Solving $5^1 / 4 \div 2^2 / 7$: A Step-by-Step Guide

This article aims to break down the calculation $5^1 / 4 \div 2^2 / 7$ step by step, ensuring a clear understanding of the mathematical principles involved. We will explore the order of operations, the conversion of mixed numbers to improper fractions, and the rules of division when dealing with fractions. By the end of this explanation, you should be able to confidently tackle similar mathematical problems and grasp the underlying concepts.

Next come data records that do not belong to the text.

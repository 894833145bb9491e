use fof_terms::Form;
use tptp_base::{Boxed, List};

/// A way through a normal form: one member at each conjunction, all members at each disjunction, through universal
/// quantifiers and never through existential ones.
#[derive(Drop)]
pub enum Path {
    /// A literal is reached.
    Leaf,
    /// Of a conjunction the member of that number, counted from 0.
    Pick(u32, Boxed<Path>),
    /// All members of a disjunction, in order.
    Each(List<Path>),
    /// Through a universal quantifier.
    Under(Boxed<Path>),
}

/// A formula from which a step is taken, and its number.
#[derive(Drop)]
pub struct Parent {
    pub number: u64,
    pub form: Form,
}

Breaking Down the Expression

The given expression is $5^1 / 4 \div 2^2 / 7$. At first glance, it may seem confusing due to the combination of whole numbers, fractions, and the division operation. However, by systematically applying the rules of arithmetic, we can simplify it. The key here is to remember the order of operations, often remembered by the acronym PEMDAS (Parentheses, Exponents, Multiplication and Division, Addition and Subtraction). In this particular expression, we have exponents, division, and fractions to contend with. Therefore, it's vital to address each component in a logical sequence.

Step 1: Evaluate the Exponents

The first step in simplifying the expression is to evaluate the exponents. We have $5^1$ and $2^2$.

• $5^1$ simply means 5 raised to the power of 1, which is 5.
• $2^2$ means 2 raised to the power of 2, which is $2 \times 2 = 4$.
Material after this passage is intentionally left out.